I'm looking over the solutions for a CodeWars problem (IQ Test) in which you're given a string of numbers and all the numbers but 1 are either even or odd. You need to return the index plus 1 of the position of the number that's not like the rest of the numbers.

I'm confused about the line that says & 1 in the solution posted below. The code doesn't work w/ && or w/ the & 1 taken away.

function iqTest(numbers){
  numbers = numbers.split(' ')

  var evens = []
  var odds = []

  for (var i = 0; i < numbers.length; i++) {
    if (numbers[i] & 1) { //PLEASE EXPLAIN THIS LINE!
      odds.push(i + 1)
    } else {
      evens.push(i + 1)
    }
  }

  return evens.length === 1 ? evens[0] : odds[0]
}

Also, would you consider using & 1 to be best practice or is it just "clever" code?

Answer 1

The single & is a 'bitwise' operator. This specific operator (&) is the bitwise AND operator - which returns a one in each bit position for which the corresponding bits of both operands are ones.

The way it's being used here is to test if numbers[i] is an even or odd number. As i loops from 0 to numbers.length, for the first iteration the if statement evaluates 0 & 1 which evaluates to 0, or false. On the next iteration of the loop, the statement will be 1 & 1, which evaluates to 1, or true.

The result - when numbers[i] & 1 evaluates to 0, or false, then numbers[i] is pushed to the odd array. If numbers[i] & 1 evaluates to 1, or true, then numbers[i] is pushed to the even array.

An alternative to the & operator to test for even and odd is to use the modulo operator. numbers[i] % 2 results in the same output. That is, 1 % 2 results in 1, or true as will any odd number, because an odd number divided by 2 results in a remainder of 1. And any even number, like 2 % 2 results in 0 or false because an even number divided by 2 results in a remainder of 0.

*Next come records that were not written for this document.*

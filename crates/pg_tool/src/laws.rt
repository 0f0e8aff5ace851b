//! Laws over the program's contract, which show what it means. Each body does nothing.

ghost use Rattle.std.specs.Prelude.{◌≡◌, ℕ, List, Result};
ghost use Rattle.pg_promises.specs.Calls.{Call};
ghost use Rattle.pg_types.specs.declared.error.Error.{Error};
ghost use Rattle.pg_promises.specs.Examples.{good_text};
ghost use Rattle.pg_spec.specs.Report as said;
ghost use Rattle.pg_spec.specs.SessionText as said_text;
ghost use Rattle.pg_table.specs.Headlines.{simple_call};
ghost use Rattle.pg_text.specs.SessionText.{IsRefusedAt, IsSessionText, SessionText};
ghost use Rattle.pg_text.specs.Sessions.{as_session};
ghost use Rattle.pg_text.specs.Views.{as_scripts};
ghost use Rattle.pg_text.specs.declared.command.Command.{Command};
ghost use Rattle.pg_text.specs.declared.report.Report.{Report};
ghost use Rattle.pg_tool.specs.RunContract.{IsSimplyMade, IsWellMade};
ghost use Rattle.pg_tool.specs.SessionContract.{SessionContract, ToldSimply};
ghost use Rattle.pg_tool.specs.TableContract.{TableContract, table_result};
ghost use Rattle.pg_tool.specs.Worked.{shared_text};

/// A text that is well made is there: one client asks `SELECT 1`, and the plan is a conforming server's.
pub fn some_text_is_well_made()
    ensures { IsWellMade (as_session good_text) }
{}

/// A text whose commands look a type up is well made too: one handle prepares two statements whose parameter is of the domain `age`, and the
/// plan is a conforming server's. It has three replies for the first, which looks `age` up, and one for the second, whose desk keeps it.
pub fn texts_that_look_types_up_are_well_made()
    ensures { IsWellMade shared_text }
{}

/// A text of simple queries alone, whose plan answers its startup and has a reply for each request that its scripts ask, is well made.
pub fn simple_texts_are_well_made()
    ensures { (text : said_text.SessionText) → IsSimplyMade text → IsWellMade (as_session text) }
{}

/// No text is neither a session text nor refused at one of its lines.
pub fn no_text_is_neither()
    ensures { (text : List ℕ) → ((s : SessionText) → IsSessionText text s → ⊥) → ((n : ℕ) → IsRefusedAt text n → ⊥) → ⊥ }
{}

/// What a session of simple queries alone promises by the words over any commands, it promises by those on simple queries.
pub fn sessions_of_simple_queries_keep_theirs()
    ensures { (call : Call Command) (scripts : List (List said.Command)) (result : Result Report Error) → call.scripts ≡ as_scripts scripts →
        TableContract call (table_result result) → ToldSimply result (SessionContract (simple_call call scripts)) }
{}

As for your second question, is it 'clever or good?'. It's definitely clever. Whether it's good depends on who you ask and what your goal is. Many would say its less logical and harder to read than using num % 2.

Answer 2

Binary number is 0 and 1 and each of them is called bit.

Single & is add operation and it works bitwise.

like

1 = 01
2 = 10 
3 = 11
4 = 100

You can see that every last bit of odd number is 1 and even number is 0.

In add operation

0 & 0 = 0
0 & 1 = 0
1 & 0 = 0
1 & 1 = 1

So only odd number will return 1 and even number will return 0 and in programming only 0 consider falsy.

If we wanna to check 5 is a odd or even

5  = 101

and perform and(&) operation with 1

  101 
& 001
-----
  001

and value of binary 001 is 1 in 10 base number

So it'll perform easy odd even process.